Though Hanson-Simler (HS) scrupulously avoid the word "hypocrisy," the concept pervades the book.  Since my objections are about the details rather than the basics, I thought it would be fun to just stroll through their chapter on an area of life where accusations of hypocrisy have been prevalent for millennia: religion.  HS are in blockquotes; I'm not.
Religion. There's perhaps no better illustration of the elephant in the brain. In few domains are we more deluded, especially about our own agendas, than in matters of faith and worship. When Henry VIII divorced his first wife under the guise of piety, or when religious leaders launch imperialist crusades, we can be forgiven for questioning their motives. But most of what people do in the name of God isn't so blatantly opportunistic. And yet, as we'll see, there's a self-serving logic to even the most humble and earnest of religious activities.
The last sentence seems like a clear case of overstatement.  What about hidden religiosity?  Persecuted religiosity?
[R]eligion presents not one but two striking puzzles. In addition to the behaviors, we also have to explain the menagerie of peculiar religious beliefs. A quick tour of the these would include gods, angels, ghosts, demons, talking animals, virgin births, prophecies, possessions, exorcisms, afterlives of all sorts, revelation, reincarnation, transubstantiation, and superaquatic perambulation-- to name just a few...

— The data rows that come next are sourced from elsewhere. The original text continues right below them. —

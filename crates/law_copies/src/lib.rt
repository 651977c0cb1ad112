//! Copies of the store, in a legal trace of a store that keeps what it acknowledged: they are shown no damage, and find each version
//! that they ask for.
//!
//! It has no code.
#![tactic(auto)]

mod laws;

pub use laws::{copies_are_undamaged, damage_is_told_by_gets, shown_absent_stays_unmarked};
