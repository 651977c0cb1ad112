//! Laws of runs so far and of legal traces: their steps are made and come by their rules, and what follows from that.
//!
//! It has no code.
#![tactic(auto)]

mod laws;

pub use laws::{runs_come, runs_keep, runs_keep_stages, runs_retire_unheld};
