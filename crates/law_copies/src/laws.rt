//! Laws of copies, as calls that do nothing and promise them.

ghost use Rattle.std.specs.Prelude.{◌≡◌, ◌++◌, ◌∷◌, ℕ, IsFalse, IsTrue, List, Some, []};
ghost use Rattle.aft_records.specs.declared.stored.Commit.{Commit};
ghost use Rattle.aft_records.specs.declared.stored.Marker.TheVariants.{Full};
ghost use Rattle.aft_model.specs.declared.door.DoorEntry.{DoorEntry};
ghost use Rattle.aft_model.specs.declared.reply.Reply.TheVariants.{Damaged};
ghost use Rattle.aft_model.specs.declared.script.Command.TheVariants.{Backup};
ghost use Rattle.aft_model.specs.declared.script.Line.{Line};
ghost use Rattle.aft_model.specs.Claims.{forgotten};
ghost use Rattle.aft_model.specs.Committed.{Committed};
ghost use Rattle.aft_model.specs.DoorKnowledge.{is_open, knows_marked};
ghost use Rattle.aft_model.specs.Evidence.{shows_absent};
ghost use Rattle.aft_model.specs.Honest.{Honest};
ghost use Rattle.aft_model.specs.Readings.{marker_name};
ghost use Rattle.aft_model.proofs.Histories.{In};
ghost use Rattle.aft_lines.specs.Asked.{Asked, Ran};
ghost use Rattle.aft_lines.specs.CausesScans.{damaged_names};
ghost use Rattle.aft_lines.specs.FinishedText.{answers_of, line_of};
ghost use Rattle.aft_lines.specs.LegalTrace.{LegalTrace};
ghost use Rattle.aft_lines.specs.Lines.{lines};
ghost use Rattle.aft_lines.specs.Views.{view_of};
ghost use Rattle.law_kept.specs.Kept.{Lawful};
ghost use Rattle.law_kept.specs.Tried.{markers_put};
ghost use Rattle.law_runs.specs.Runs.{line_among};
ghost use Rattle.law_damage.specs.Paging.{is_get};

/// At the open door of a lawful history, a committed commit whose marker is shown absent, and that isn't forgotten by then, is
/// neither forgotten nor marked while no full marker of its UUID is put.
pub fn shown_absent_stays_unmarked()
    ensures { (c : Commit) (history : List DoorEntry) (entry : DoorEntry) (more : List DoorEntry) → Lawful (history ++ entry ∷ more) → IsTrue (is_open history) → Committed c history → IsTrue (shows_absent (marker_name c.id.uuid) entry) → IsFalse (forgotten c.id.uuid (history ++ entry ∷ [])) → ((e : DoorEntry) → In e more → (d : Commit) → In (Full d) (markers_put e.act) → d.id.uuid ≡ c.id.uuid → ⊥) → IsFalse (forgotten c.id.uuid (history ++ entry ∷ more)) × IsFalse (knows_marked c.id.uuid (history ++ entry ∷ more)) }
{}

/// Where the store keeps what it acknowledged, copies of a legal trace are shown no damage: each version that they ask for is there,
/// and reads. So they don't answer that something is damaged.
pub fn copies_are_undamaged()
    ensures shown { (asked : Asked) (ran : Ran) (line : Line) → LegalTrace asked ran → Honest ran.trace.door → In line (lines asked) → line.order ≡ Backup → damaged_names (view_of asked ran line) ≡ [] }
    ensures told { (asked : Asked) (ran : Ran) (line : Line) (name : List ℕ) → LegalTrace asked ran → Honest ran.trace.door → In line (lines asked) → line.order ≡ Backup → In (Damaged name) (answers_of (line_of line) ran) → ⊥ }
{}

/// So who answers that something is damaged, in a legal trace of a store that keeps what it acknowledged, is a get.
pub fn damage_is_told_by_gets()
    ensures { (asked : Asked) (ran : Ran) (line : Line) (name : List ℕ) → LegalTrace asked ran → Honest ran.trace.door → In line (lines asked) → line_among (line_of line) (lines asked) ≡ Some line → In (Damaged name) (answers_of (line_of line) ran) → IsTrue (is_get line.order) }
{}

It's tempting to try to collapse these two puzzles into one, by assuming that the strange supernatural beliefs cause the strange behaviors...

And yet, as we've seen throughout the book, beliefs aren't always in the driver's seat. Instead, they're often better modeled as symptoms of the underlying incentives, which are frequently social rather than psychological. This is the religious elephant in the brain: We don't worship simply because we believe. Instead, we worship (and believe) because it helps us as social creatures.
While this story is plausible, HS don't really grapple with the strongest counter-arguments.  Most obviously, arcane doctrinal disputes seem to be the sparks behind several major historical events.  Take the Protestant Reformation.  Yes, there's plenty of realpolitik under the surface.  But it's hard to deny that Luther, Calvin, and other key figures did put beliefs in the driver's seat: "Sola scriptura!"  And without these belief-centric theologians, it's far from clear that the century of violent realpolitik they inspired would have come to pass. 
[W]e engage in a wide variety of activities that have a religious or even cult-like feel to them, but which are entirely devoid of supernatural beliefs. When Muslims face Mecca to pray, we call it "religion," but when American schoolchildren face the flag and chant the Pledge of Allegiance, that's just "patriotism." And when they sing, make T-shirts, and put on parades for homecoming, that's "school spirit." Similarly, it's hard to observe what's happening in North Korea without comparing it to a religion; Kim Jong-un may not have supernatural powers, but he's nevertheless worshipped like a god...
The fact that these behavioral patterns are so consistent, and thrive even in the absence of supernatural beliefs, strongly suggests that the beliefs are a secondary factor.
I struggle to see the logic here.  Yes, the world's leading religions have much in common with secular movements.  But how does that suggest that what distinguishes these religions from secular movements is "secondary"?  Indeed, doesn't it suggest precisely the opposite conclusion - that supernatural beliefs are what makes leading religions special
Nevertheless, we think people can generally intuit what's good for them, even if they don't have an analytical understanding of why it's good for them. In particular, they have a keen sense for their concrete self-interest, for when things are working out in their favor versus when they're getting a raw deal.
Again, this seems like a rash overstatement.  For starters, if the religious order is stable and powerful, doubts are dangerous.  HS's own model suggests that the oppressed would develop pronounced Stockholm Syndrome.  Why?  To avoid social sanctions.  The best way to convince your oppressor that you love him is to love him sincerely.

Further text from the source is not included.